Famous muffuletta sandwich, a very worthwhile visit as long as you are very passionate about olives. Half size is plenty for a single person, or two people who want a light lunch. In & out, no seating, but right in the French Quarter so there are plenty of spots to sit and eat.

Our last dinner in NOLA was Jacque-Imo’s (hey now!), boasting warm beer, lousy food, and poor service. Unfortunately, they failed in every respect – fine beer, delightful food, and phenomenal service. If you don’t want a long wait, a reservation is recommended. In non-pandemic times, the next door music venue (Blue Nile) is an easy place to spend time, but it was closed while we were there, so we arrived at our reservation time. Cornbread as the table starter, delightful. The alligator cheesecake came highly recommended (apparently more eggy than cheesecakey), but we got two of the different white fish specials. Some of the best cooked fish I have had in a long time. The atmosphere was a lot of fun, very colorful and funky.

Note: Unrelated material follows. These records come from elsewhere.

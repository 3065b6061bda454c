//! The escapes of the text format of COPY.
ghost use Rattle.std.specs.Prelude.{◌≡◌, ◌+◌, ◌≤◌, ◌++◌, IfOk, OnOk, OnErr, length, true};
ghost use Rattle.std.specs.Bool.{OnTrue};
ghost use Rattle.std.specs.List.{list_all};
ghost use Rattle.pg_copy.specs.Escapes.{PlainBetween, escaped, escaped_byte, is_plain, letter_in, letter_of};
ghost use Rattle.pg_copy.specs.Outputs.{Extends};
ghost use Rattle.pg_copy.specs.TextLines.{Unescapes, is_refused_byte, letter_byte};

use std::alloc::AllocError;
use std::simd::prelude::*;

// The letter of each byte that is escaped, at the index of the byte; 0 for every other byte.
static LETTERS: [u8; 256] = *b"\
    \0\0\0\0\0\0\0\0btnvfr\0\0\0\0\0\0\0\0\0\0\0\0\0\0\0\0\0\0\
    \0\0\0\0\0\0\0\0\0\0\0\0\0\0\0\0\0\0\0\0\0\0\0\0\0\0\0\0\0\0\0\0\
    \0\0\0\0\0\0\0\0\0\0\0\0\0\0\0\0\0\0\0\0\0\0\0\0\0\0\0\0\\\0\0\0\
    \0\0\0\0\0\0\0\0\0\0\0\0\0\0\0\0\0\0\0\0\0\0\0\0\0\0\0\0\0\0\0\0\
    \0\0\0\0\0\0\0\0\0\0\0\0\0\0\0\0\0\0\0\0\0\0\0\0\0\0\0\0\0\0\0\0\
    \0\0\0\0\0\0\0\0\0\0\0\0\0\0\0\0\0\0\0\0\0\0\0\0\0\0\0\0\0\0\0\0\
    \0\0\0\0\0\0\0\0\0\0\0\0\0\0\0\0\0\0\0\0\0\0\0\0\0\0\0\0\0\0\0\0\
    \0\0\0\0\0\0\0\0\0\0\0\0\0\0\0\0\0\0\0\0\0\0\0\0\0\0\0\0\0\0\0\0";

/// Returns the letter that stands for the byte after a backslash, or 0 if it has none.
fn letter_at(byte: u8) -> u8
    ensures { letter_in result ≡ letter_of byte }
{
    LETTERS[byte as usize]
}

/// Returns the letter that stands for the byte after a backslash, or `None` if it has none.
fn escape_of(byte: u8) -> Option<u8>
    ensures { result ≡ letter_of byte }
{
    match letter_at(byte) {
        0 => None,
        letter => Some(letter),
    }
}

/// Returns the byte for which the letter stands after a backslash; any other byte stands for
/// itself.
fn escaped_by(letter: u8) -> u8
    ensures { result ≡ letter_byte letter }
{
    match letter {
        b'b' => 0x08,
        b't' => b'\t',
        b'n' => b'\n',
        b'v' => 0x0b,
        b'f' => 0x0c,
        b'r' => b'\r',
        other => other,
    }
}

/// Whether no byte of the text is escaped. It reads all bytes, without a branch for each.
fn is_plain(text: &[u8]) -> bool
    ensures { result ≡ list_all is_plain text.now }
{
    let mut letters = 0;
    'bytes: for byte in text {
        letters |= letter_at(*byte);
    }
    letters == 0
}

/// Whether none of 4 bytes from an index is a control character or a backslash, so that none is
/// escaped.
#[inline(always)]
fn are_4_plain(text: &[u8], at: usize) -> bool
    requires { at + 4 ≤ length text.now }
    ensures { OnTrue result (PlainBetween text.now at (at + 4)) }
{
    let bytes = u8x4::from_slice(&text[at..]);
    bytes.simd_lt(u8x4::splat(0x20)).to_bitmask() == 0
        && bytes.simd_eq(u8x4::splat(b'\\')).to_bitmask() == 0
}

/// Whether none of 8 bytes from an index is a control character or a backslash.
#[inline(always)]
fn are_8_plain(text: &[u8], at: usize) -> bool
    requires { at + 8 ≤ length text.now }
    ensures { OnTrue result (PlainBetween text.now at (at + 8)) }
{
    let bytes = u8x8::from_slice(&text[at..]);
    bytes.simd_lt(u8x8::splat(0x20)).to_bitmask() == 0
        && bytes.simd_eq(u8x8::splat(b'\\')).to_bitmask() == 0
}

/// Whether none of 16 bytes from an index is a control character or a backslash.
#[inline(always)]
fn are_16_plain(text: &[u8], at: usize) -> bool
    requires { at + 16 ≤ length text.now }
    ensures { OnTrue result (PlainBetween text.now at (at + 16)) }
{
    let bytes = u8x16::from_slice(&text[at..]);
    bytes.simd_lt(u8x16::splat(0x20)).to_bitmask() == 0
        && bytes.simd_eq(u8x16::splat(b'\\')).to_bitmask() == 0
}

/// Whether no byte of the text is escaped; a text with other control characters may be taken for
/// one with escapes. The last bytes of a long text are tested together with some before them.
#[inline(always)]
fn is_surely_plain(text: &[u8]) -> bool
    ensures { OnTrue result (list_all is_plain text.now ≡ true) }
{
    let len = text.len();
    if len < 4 {
        return is_plain(text);
    }
    if len < 8 {
        return are_4_plain(text, 0) && are_4_plain(text, len - 4);
    }
    if len < 16 {
        return are_8_plain(text, 0) && are_8_plain(text, len - 8);
    }
    are_first_plain(text, len - 16) && are_16_plain(text, len - 16)
}

/// Whether none of the bytes up to an index, and of some after it, is a control character or a
/// backslash.
#[inline(always)]
fn are_first_plain(text: &[u8], end: usize) -> bool
    requires { end + 16 ≤ length text.now }
    ensures { OnTrue result (PlainBetween text.now 0 end) }
{
    let mut at = 0;
    'bytes: while at < end {
        if !are_16_plain(text, at) {
            return false;
        }
        at += 16;
    }
    true
}

/// Appends the text with a backslash and a letter for each byte that has one
/// (`CopyAttributeOutText`). An error leaves a part of it.
// It is called for each value.
#[inline(always)]
pub fn escape(text: &[u8], out: &mut Vec<u8>) -> Result<(), AllocError>
    ensures ok { OnOk result (out.new.items ≡ out.old.items ++ escaped text.now) }
    ensures err { OnErr result (Extends out.old.items out.new.items) }
{
    // Most texts have no such byte.
    if is_surely_plain(text) {
        return out.extend_from_slice(text);
    }
    escape_each(text, out)
}

/// Appends the text as [`escape`] does, byte by byte.
#[inline(never)]
fn escape_each(text: &[u8], out: &mut Vec<u8>) -> Result<(), AllocError>
    ensures ok { OnOk result (out.new.items ≡ out.old.items ++ escaped text.now) }
    ensures err { OnErr result (Extends out.old.items out.new.items) }
{
    'bytes: for byte in text {
        push_escaped(*byte, out)?;
    }
    Ok(())
}

/// Appends the byte, or a backslash and the letter that stands for it.
fn push_escaped(byte: u8, out: &mut Vec<u8>) -> Result<(), AllocError>
    ensures ok { OnOk result (out.new.items ≡ out.old.items ++ escaped_byte byte (letter_of byte)) }
    ensures err { OnErr result (out.new.items ≡ out.old.items) }
{
    match escape_of(byte) {
        Some(letter) => out.extend_from_slice(&[b'\\', letter]),
        None => Ok(out.push(byte)?),
    }
}

/// Whether the byte is refused after a backslash: a digit of an octal number, the x of a
/// hexadecimal one, or the period, which ends the data. The server writes none of them.
fn is_refused(byte: u8) -> bool
    ensures { result ≡ is_refused_byte byte }
{
    matches!(byte, b'0'..=b'7' | b'x' | b'.')
}

/// Appends the text for which the escaped text stands, and returns whether there is one. A
/// backslash at the end is refused, and so is a carriage return that is not escaped.
pub fn unescape(text: &[u8], out: &mut Vec<u8>) -> Result<bool, AllocError>
    ensures { IfOk result (Unescapes text.now out.old.items out.new.items) }
{
    let mut is_escaped = false;
    'bytes: for byte in text {
        if is_escaped {
            if is_refused(*byte) {
                return Ok(false);
            }
            out.push(escaped_by(*byte))?;
            is_escaped = false;
        } else {
            match *byte {
                b'\\' => is_escaped = true,
                b'\r' => return Ok(false),
                other => out.push(other)?,
            }
        }
    }
    Ok(!is_escaped)
}
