//! Writing: from lines of text to a binary COPY.
ghost use Rattle.std.specs.Prelude.{◌≡◌, ◌≢◌, ◌<◌, ◌∷◌, pos, ℕ, List, Some, true, IfErr, OnOk, OnErr, length};
ghost use Rattle.std.specs.Int.{w16};
ghost use Rattle.pg_base.specs.Cells.{be};
ghost use Rattle.streams.specs.Answers.{LinesAre};
ghost use Rattle.pg_tuples.specs.Tuples.{IsNoCopy};
ghost use Rattle.pg_copy.specs.Outputs.{Extends, Gains, WritesWhole};
ghost use Rattle.pg_copy.specs.TextLines.{LacksEscapes, fields_left, fields_of};
ghost use Rattle.pg_copy.specs.WrittenCells.{text_of};
ghost use Rattle.pg_copy.specs.WrittenRows.{BeginsCopy, CopyOf, CountFault, FieldFrame, FrameOf, LineFault, Stops};
ghost use Rattle.pg_copy.specs.WrittenRows.{StopsWith, TupleOf, ValueFault, fault_of, is_last};

use crate::columns::Column;
use crate::copy_fault::{CopyFault, Row, value_fault};
use crate::escapes::unescape;
use crate::parse::push_frame;
use bytes::ByteStr;
use memchr::memchr2;
use pg_text::no_value;
use pg_tuples::{HEADER, TRAILER};
use postgres_types::Fault;
use postgres_types::private::BytesMut;
use std::alloc::Global;
use std::io::{Read, Write};
use streams::blocks::write_whole;
use streams::lines::{AnswerLine, RunFault, answer_lines};
use streams::split::split_once;

/// What ends a binary COPY that a fault stopped: -32768 instead of a number of columns. A server
/// refuses it, and loads none of the rows before it. If only the trailer were missing, it would load
/// them.
const STOPPED: &[u8; 2] = b"\x80\0";

/// Reads lines with these columns in the text format of COPY, and writes a binary COPY with a tuple
/// for each. The last line counts without a line feed, if it is not empty.
///
/// After a fault, the header, complete tuples, those of the lines before it, and -32768 instead of
/// a number of columns are written, so that no server takes what is written for a COPY; after a
/// failed write, a prefix of them. The trailer is written only at the end of the lines. Memory
/// holds no more than the longest line, a block of input and its tuples.
pub fn write<R: Read, W: Write>(
    alloc: Global,
    columns: &[Column],
    input: &mut R,
    output: &mut W,
) -> Result<(), CopyFault>
    ensures ok { OnOk result ((lines : List (List ℕ)) × LinesAre (R.remaining input.old) lines
        × WritesWhole (CopyOf columns.now lines) (W.contents output.old) (W.contents output.new)) }
    ensures err { IfErr result (Stops columns.now (R.remaining input.old) (R.remaining input.new)
        (W.contents output.old) (W.contents output.new)) }
    ensures no_copy { IfErr result (λ e. e ≢ CopyFault.TooManyColumns → e ≢ CopyFault.Write
        → WritesWhole IsNoCopy (W.contents output.old) (W.contents output.new)) }
{
    let Err(fault) = write_tuples(alloc, columns, input, output) else {
        return Ok(());
    };
    if is_last(&fault) {
        return Err(fault);
    }
    if write_whole(output, STOPPED).is_err() {
        return Err(CopyFault::Write);
    }
    Err(fault)
}

/// Whether nothing was written before the fault, or nothing can be written after it.
fn is_last(fault: &CopyFault) -> bool
    ensures { result ≡ is_last fault.now }
{
    matches!(fault, CopyFault::TooManyColumns | CopyFault::Write)
}

/// Writes the header, the tuple of each line, and the trailer, or, up to a fault, the header and
/// complete tuples.
fn write_tuples<R: Read, W: Write>(
    alloc: Global,
    columns: &[Column],
    input: &mut R,
    output: &mut W,
) -> Result<(), CopyFault>
    ensures ok { OnOk result ((lines : List (List ℕ)) × LinesAre (R.remaining input.old) lines
        × WritesWhole (CopyOf columns.now lines) (W.contents output.old) (W.contents output.new)) }
    ensures err { IfErr result (StopsWith (BeginsCopy columns.now) columns.now (R.remaining input.old)
        (R.remaining input.new) (W.contents output.old) (W.contents output.new)) }
{
    let Ok(count) = i16::try_from(columns.len()) else {
        return Err(CopyFault::TooManyColumns);
    };
    if write_whole(output, HEADER).is_err() {
        return Err(CopyFault::Write);
    }
    let mut tuples = TupleWriter {
        columns,
        count: count.to_be_bytes(),
        line: 0,
        text: Vec::new(alloc),
    };
    answer_lines(alloc, &mut tuples, input, output)?;
    match write_whole(output, TRAILER) {
        Ok(()) => Ok(()),
        Err(_) => Err(CopyFault::Write),
    }
}

impl From<RunFault<CopyFault>> for CopyFault {
    ghost from_gives = { λ run fault. fault ≡ fault_of run };

    fn from(fault: RunFault<CopyFault>) -> CopyFault {
        match fault {
            RunFault::Read => CopyFault::Read,
            RunFault::Write => CopyFault::Write,
            RunFault::Refused(fault) => fault,
        }
    }
}

/// Writes the tuples of lines.
#[derive(Drop)]
struct TupleWriter<'a> {
    columns: &'a [Column],
    /// The number of columns in two bytes, with which each tuple begins.
    count: [u8; 2],
    /// The number of lines that were taken.
    line: u64,
    /// The text of an escaped field; the buffer is kept so that it is allocated once.
    text: Vec<u8>,
    ghost fits: { length columns.now < 32768 },
    ghost counted: { count ≡ be w16 (pos (length columns.now)) },
}

impl AnswerLine for TupleWriter<'_> {
    type Fault = CopyFault;

    ghost answers = { λ s. TupleOf s.columns.now };

    ghost refuses = { λ s. LineFault s.columns.now };

    fn answer(
        &mut self,
        alloc: Global,
        line: &[u8],
        pending: &mut BytesMut,
    ) -> Result<(), CopyFault> {
        self.line = self.line.saturating_add(1);
        let start = pending.len();
        let outcome = self.push_tuple(alloc, line, pending);
        if outcome.is_err() {
            pending.truncate(start);
        }
        outcome
    }
}

impl TupleWriter<'_> {
    /// Appends the tuple of the line. An error leaves a part of it.
    fn push_tuple(
        &mut self,
        alloc: Global,
        line: &[u8],
        pending: &mut BytesMut,
    ) -> Result<(), CopyFault>
        ensures columns { self.new.columns.now ≡ self.old.columns.now }
        ensures ok { OnOk result (Gains (TupleOf self.old.columns.now line.now) pending.old.items pending.new.items) }
        ensures err { OnErr result (Extends pending.old.items pending.new.items) }
        ensures refused { IfErr result (LineFault self.old.columns.now line.now) }
    {
        pending.extend_from_slice(&self.count)?;
        // Most lines have no escapes, so their fields are their texts.
        let is_plain = memchr2(b'\\', b'\r', line).is_none();
        let mut rest = Some(line);
        for (place, column) in self.columns.iter().enumerate() {
            let Some(fields) = rest else {
                return Err(self.count_fault(line));
            };
            let (field, after) = split_field(fields);
            if let Err(fault) = push_field(
                alloc,
                column,
                field,
                is_plain,
                &mut self.text,
                pending,
            ) {
                return Err(self.value_fault(alloc, place + 1, column, field, fault));
            }
            rest = after;
        }
        match rest {
            Some(_) => Err(self.count_fault(line)),
            None => Ok(()),
        }
    }

    /// Returns the fault of a field, whose text shows the field.
    // It is kept out of the loop over fields.
    #[inline(never)]
    fn value_fault(
        &self,
        alloc: Global,
        number: usize,
        column: &Column,
        field: &[u8],
        fault: Fault,
    ) -> CopyFault
        ensures number { ValueFault number result }
        ensures memory { fault ≡ Fault.Memory → result ≡ CopyFault.Memory }
    {
        let fault = with_field(alloc, fault, field);
        value_fault(Row::Line(self.line), number, column, fault)
    }

    /// Returns the fault of a line with another number of fields.
    fn count_fault(&self, line: &[u8]) -> CopyFault
        ensures { CountFault (length self.now.columns.now) (length (fields_of line.now)) result }
    {
        let tabs = line.iter().filter(|byte| **byte == b'\t').count();
        let fields = tabs.saturating_add(1);
        CopyFault::Columns {
            row: Row::Line(self.line),
            expected: self.columns.len(),
            got: i64::try_from(fields).unwrap_or(i64::MAX),
        }
    }
}

/// Returns the fault whose text is that of the fault and the field; the fault itself if the field is
/// not UTF-8, or memory runs out.
fn with_field(alloc: Global, fault: Fault, field: &[u8]) -> Fault
    ensures { fault ≡ Fault.Memory → result ≡ Fault.Memory }
{
    if matches!(fault, Fault::Memory) {
        return fault;
    }
    match text_with_field(alloc, &fault, field) {
        Some(text) => Fault::User(text),
        None => fault,
    }
}

/// Returns the text of the fault, and the field; of a long one 40 characters and `...`.
fn text_with_field(alloc: Global, fault: &Fault, field: &[u8]) -> Option<ByteStr> {
    let field = str::from_utf8(field).ok()?;
    let mut text = format!(in alloc; "{fault}: \"").ok()?;
    for c in field.chars().take(40) {
        match c {
            '\r' => text.push_str("\\r").ok()?,
            c if c.is_control() => text.push(char::REPLACEMENT_CHARACTER).ok()?,
            c => text.push(c).ok()?,
        }
    }
    let is_cut = field.chars().nth(40).is_some();
    text.push_str(if is_cut { "...\"" } else { "\"" }).ok()?;
    ByteStr::from_string(text).ok()
}

/// Returns the first of the fields, and those after it, if there are any.
fn split_field(fields: &[u8]) -> (&[u8], Option<&[u8]>)
    ensures { fields_of fields.now ≡ result.0.now ∷ fields_left (text_of result.1) }
{
    match split_once(fields, b'\t') {
        Some((field, after)) => (field, Some(after)),
        None => (fields, None),
    }
}

/// Appends the frame of the cell of a field. `is_plain` says that nothing in the line is escaped.
/// `text` is overwritten with the text of an escaped field.
fn push_field(
    alloc: Global,
    column: &Column,
    field: &[u8],
    is_plain: bool,
    text: &mut Vec<u8>,
    out: &mut BytesMut,
) -> Result<(), Fault>
    requires { is_plain ≡ true → LacksEscapes field.now }
    ensures ok { OnOk result (Gains (FieldFrame column.now field.now) out.old.items out.new.items) }
    ensures err { OnErr result (out.new.items ≡ out.old.items) }
{
    if field == b"\\N".as_slice() {
        return push_frame(alloc, column, None, out);
    }
    if is_plain || memchr2(b'\\', b'\r', field).is_none() {
        return push_utf8(alloc, column, field, out);
    }
    text.clear();
    if !unescape(field, text)? {
        return Err(no_value());
    }
    push_utf8(alloc, column, text.as_slice(), out)
}

/// Appends the frame of the cell for a text. Bytes that are not UTF-8 are refused with `Utf8`.
// A call would return a `Result` with a fault through memory.
#[inline(always)]
fn push_utf8(alloc: Global, column: &Column, text: &[u8], out: &mut BytesMut) -> Result<(), Fault>
    ensures ok { OnOk result (Gains (FrameOf column.now (Some text.now)) out.old.items out.new.items) }
    ensures err { OnErr result (out.new.items ≡ out.old.items) }
{
    match str::from_utf8(text) {
        Ok(text) => push_frame(alloc, column, Some(text), out),
        Err(_) => Err(Fault::Utf8),
    }
}
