//! Why a COPY stopped.
ghost use Rattle.std.specs.Prelude.{◌≡◌};
ghost use Rattle.pg_copy.specs.Refusals.{IsValueFault, header_fault, tuple_fault};
ghost use Rattle.pg_copy.specs.WrittenRows.{ValueFault};
ghost use Rattle.pg_copy.specs.declared.copy_fault.CopyFault.TheVariants.{Memory};

use crate::columns::Column;
use crate::types::Base;
use pg_tuples::{HeaderFault, TupleFault};
use postgres_types::Fault;
use std::alloc::{AllocError, AllocFailed};
use std::error::Error;
use std::fmt;

/// A row, counted from 1, of a binary COPY or of text.
#[derive(Debug, Clone, Copy, PartialEq, Eq)]
pub enum Row {
    /// A tuple of a binary COPY.
    Tuple(u64),
    /// A line of text.
    Line(u64),
}

impl fmt::Display for Row {
    fn fmt<W: fmt::Write>(&self, f: &mut fmt::Formatter<W>) -> fmt::Result {
        match self {
            Row::Tuple(number) => write!(f, "row {number}"),
            Row::Line(number) => write!(f, "line {number}"),
        }
    }
}

/// Why a COPY stopped before its end. Columns are counted from 1.
#[derive(Debug, Drop)]
pub enum CopyFault {
    /// The input could not be read.
    Read,
    /// The output could not be written.
    Write,
    /// An allocation failed.
    Memory,
    /// The input does not begin with the signature of a binary COPY.
    Signature,
    /// The tuples have OIDs, as servers before version 12 could send them.
    Oids,
    /// An unknown critical flag is set.
    Flags,
    /// The length of the header extension is negative.
    Extension,
    /// The input ends before the trailer.
    Truncated,
    /// Bytes come after the trailer.
    Trailing,
    /// There are more columns than fit in two bytes.
    TooManyColumns,
    /// A row has another number of columns than there are types.
    Columns {
        row: Row,
        expected: usize,
        got: i64,
    },
    /// The length of a field is negative, and is not -1.
    Length {
        row: Row,
        column: usize,
    },
    /// A value of a column is refused. `base` and `is_array` are those of the column.
    Value {
        row: Row,
        column: usize,
        base: Base,
        is_array: bool,
        fault: Fault,
    },
}

impl fmt::Display for CopyFault {
    fn fmt<W: fmt::Write>(&self, f: &mut fmt::Formatter<W>) -> fmt::Result {
        match self {
            CopyFault::Read => write!(f, "the input cannot be read"),
            CopyFault::Write => write!(f, "the output cannot be written"),
            CopyFault::Memory => write!(f, "out of memory"),
            CopyFault::Signature => write!(f, "the input is no binary COPY"),
            CopyFault::Oids => write!(f, "a COPY with OIDs is not read"),
            CopyFault::Flags => write!(f, "the header has an unknown critical flag"),
            CopyFault::Extension => write!(f, "the header extension has a negative length"),
            CopyFault::Truncated => write!(f, "the input ends before the trailer"),
            CopyFault::Trailing => write!(f, "bytes come after the trailer"),
            CopyFault::TooManyColumns => write!(f, "more columns than a COPY can have"),
            CopyFault::Columns { row, expected, got } => {
                write!(f, "{row}: {got} columns in place of {expected}")
            }
            CopyFault::Length { row, column } => {
                write!(f, "{row}, column {column}: negative length")
            }
            CopyFault::Value {
                row,
                column,
                base,
                is_array,
                fault,
            } => {
                let name = base.name();
                let form = if *is_array { "[]" } else { "" };
                write!(f, "{row}, column {column} ({name}{form}): {fault}")
            }
        }
    }
}

impl Error for CopyFault {}

impl From<AllocError> for CopyFault {
    ghost from_gives = { λ _ fault. fault ≡ Memory };

    fn from(_error: AllocError) -> CopyFault {
        CopyFault::Memory
    }
}

impl<T: Drop> From<AllocFailed<T>> for CopyFault {
    ghost from_gives = { λ _ fault. fault ≡ Memory };

    fn from(_error: AllocFailed<T>) -> CopyFault {
        CopyFault::Memory
    }
}

impl From<HeaderFault> for CopyFault {
    ghost from_gives = { λ header fault. fault ≡ header_fault header };

    fn from(fault: HeaderFault) -> CopyFault {
        match fault {
            HeaderFault::Signature => CopyFault::Signature,
            HeaderFault::Oids => CopyFault::Oids,
            HeaderFault::Flags => CopyFault::Flags,
            HeaderFault::Extension => CopyFault::Extension,
        }
    }
}

/// Returns the fault of a row whose tuple is refused.
pub fn refused_tuple(row: Row, fault: TupleFault) -> CopyFault
    ensures { result ≡ tuple_fault row fault }
{
    match fault {
        TupleFault::Columns { expected, got } => CopyFault::Columns {
            row,
            expected,
            got: i64::from(got),
        },
        TupleFault::Length { column } => CopyFault::Length { row, column },
    }
}

/// Returns the fault of a value in this row and in the column with this number. Out of memory has
/// neither a row nor a column.
pub fn value_fault(row: Row, number: usize, column: &Column, fault: Fault) -> CopyFault
    ensures number { ValueFault number result }
    ensures names { IsValueFault row number column.now fault result }
{
    match fault {
        Fault::Memory => CopyFault::Memory,
        fault => CopyFault::Value {
            row,
            column: number,
            base: column.base,
            is_array: column.is_array,
            fault,
        },
    }
}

Other recommendations (we missed on this trip because of when they were open, how limited our time was, and various COVID closures):

  • Cochon – oyster BLT and baked oysters, pork belly sandwich
  • Domilse’s – poboys / bar
  • Felix’s – oysters
  • Napoleon House – shrimp remoulade and pimm’s cups
  • Stanley’s – any of their soft shell crab meals, especially benedict or poboy
  • Acme Oyster – baked oysters
  • Elizabeth’s – brunch
  • Willie Mae’s – friend chicken
  • Lola’s – Spanish cuisine with NOLA atmosphere. BYOB for waiting in the line – it can take a while to get in, so everybody does it, and make new friends while you wait.

Overall, gotta go back. The music, the food, the vibes, the walking beers, the people, the sights, the smells… and we were not there for a single weekend day.